//! The guests. For the layer above: a guest and its window stand for a lane of the model, and each reap and each act of
//! the guest is that lane's event, or nothing where none is legal.
#![tactic(auto)]

mod act;
mod guest;

pub use act::{entry_of, write_act};
pub use guest::{ActAnswer, Guest};
pub use nvm_model::{Act, LaneSet as PairSet};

________

*REQUIRED ACTION:* In the listing above, find the line that contains "none is legal.". Write it out exactly, along with each line after it up to and including the last.

*ANSWER BOX:*
//! the guest is that lane's event, or nothing where none is legal.
#![tactic(auto)]

mod act;
mod guest;

pub use act::{entry_of, write_act};
pub use guest::{ActAnswer, Guest};
pub use nvm_model::{Act, LaneSet as PairSet};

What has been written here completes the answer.